A new patent from Apple published by the U.S. Patent and Trademark Office points to the company working on a glucose monitoring tech for the Apple Watch. The patent titled “Reference Switch Architectures for Non-Contact Sensing of Substances” points to “systems and methods for measuring a concentration and type of substance in a sample.”
The patent points to Apple using a light source, optics, modulators, detector, and other such components to measure the blood sugar level or something similar in a non-invasive manner. Apple’s patent does not particularly reference blood sugar monitoring using the technology but from the patent, the tech sounds apt to achieve exactly that.

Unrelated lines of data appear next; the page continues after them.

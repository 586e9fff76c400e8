// The kind table: a row for each of the eight kinds of gates. A kind's number is its place in the table.
ghost use Rattle.std.specs.Prelude.{◌<◌};
ghost use Rattle.rules.specs.Kinds.{kind_row};
ghost use Rattle.gates.specs.KindRows.{IsRow, IsTable};

/// A row of the kind table.
#[derive(Clone, Copy, Debug, PartialEq, Eq)]
pub struct Kind {
    /// As the listing writes it.
    pub name: &'static str,
    /// 0: the output stands for its variable; 1: for the opposite.
    pub output_sign: u8,
    /// 0: all inputs are positive; 1: all are negative; 2: there are both.
    pub input_signs: u8,
    /// The least number of inputs.
    pub least: usize,
    /// The greatest number of inputs.
    pub greatest: usize,
}

// The numbers of the kinds.
pub const AND: u8 = 0;

pub const NOR: u8 = 1;

pub const CG: u8 = 2;

pub const OR: u8 = 3;

pub const NAND: u8 = 4;

pub const DG: u8 = 5;

pub const XOR: u8 = 6;

pub const XNOR: u8 = 7;

pub const KINDS: [Kind; 8] = [
    Kind {
        name: "and",
        output_sign: 0,
        input_signs: 0,
        least: 2,
        greatest: 63,
    },
    Kind {
        name: "nor",
        output_sign: 0,
        input_signs: 1,
        least: 2,
        greatest: 63,
    },
    Kind {
        name: "cg",
        output_sign: 0,
        input_signs: 2,
        least: 2,
        greatest: 63,
    },
    Kind {
        name: "or",
        output_sign: 1,
        input_signs: 0,
        least: 2,
        greatest: 63,
    },
    Kind {
        name: "nand",
        output_sign: 1,
        input_signs: 1,
        least: 2,
        greatest: 63,
    },
    Kind {
        name: "dg",
        output_sign: 1,
        input_signs: 2,
        least: 2,
        greatest: 63,
    },
    Kind {
        name: "xor",
        output_sign: 0,
        input_signs: 0,
        least: 2,
        greatest: 4,
    },
    Kind {
        name: "xnor",
        output_sign: 1,
        input_signs: 0,
        least: 2,
        greatest: 4,
    },
];

/// The row of a kind in a table that says what the definition's does.
#[tactic(auto, using(crate::proofs::KindTable::table_length, crate::proofs::KindTable::row_is))]
fn row_of(table: &[Kind], kind: u8) -> Kind
    requires number { kind < 8 }
    requires table { IsTable table.now }
    ensures { IsRow result (kind_row kind) }
{
    table[usize::from(kind)]
}

/// The row of a kind.
#[tactic(auto, unfolding(rules::specs::Kinds::kinds))]
pub fn kind_row(kind: u8) -> Kind
    requires { kind < 8 }
    ensures { IsRow result (kind_row kind) }
{
    row_of(&KINDS, kind)
}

The systems can include a light source, optics, one or more modulators, a reference, a detector, and a controller. The systems and methods disclosed can be capable of accounting for drift originating from the light source, one or more optics, and the detector by sharing one or more components between different measurement light paths. Additionally, the systems can be capable of differentiating between different types of drift and eliminating erroneous measurements due to stray light with the placement of one or more modulators between the light source and the sample or reference. Furthermore, the systems can be capable of detecting the substance along various locations and depths within the sample by mapping a detector pixel and a microoptics to the location and depth in the sample.
There have been rumors of Apple working bringing non-invasive blood sugar monitoring to the Apple Watch. The company reportedly has a secret team working on the project, though the last rumor surrounding the project pointed to the technology still being “years away” from being ready. Sadly, the publishing of a patent from the U.S. PTO does not indicate that the technology is ready to debut with the Apple Watch Series 4.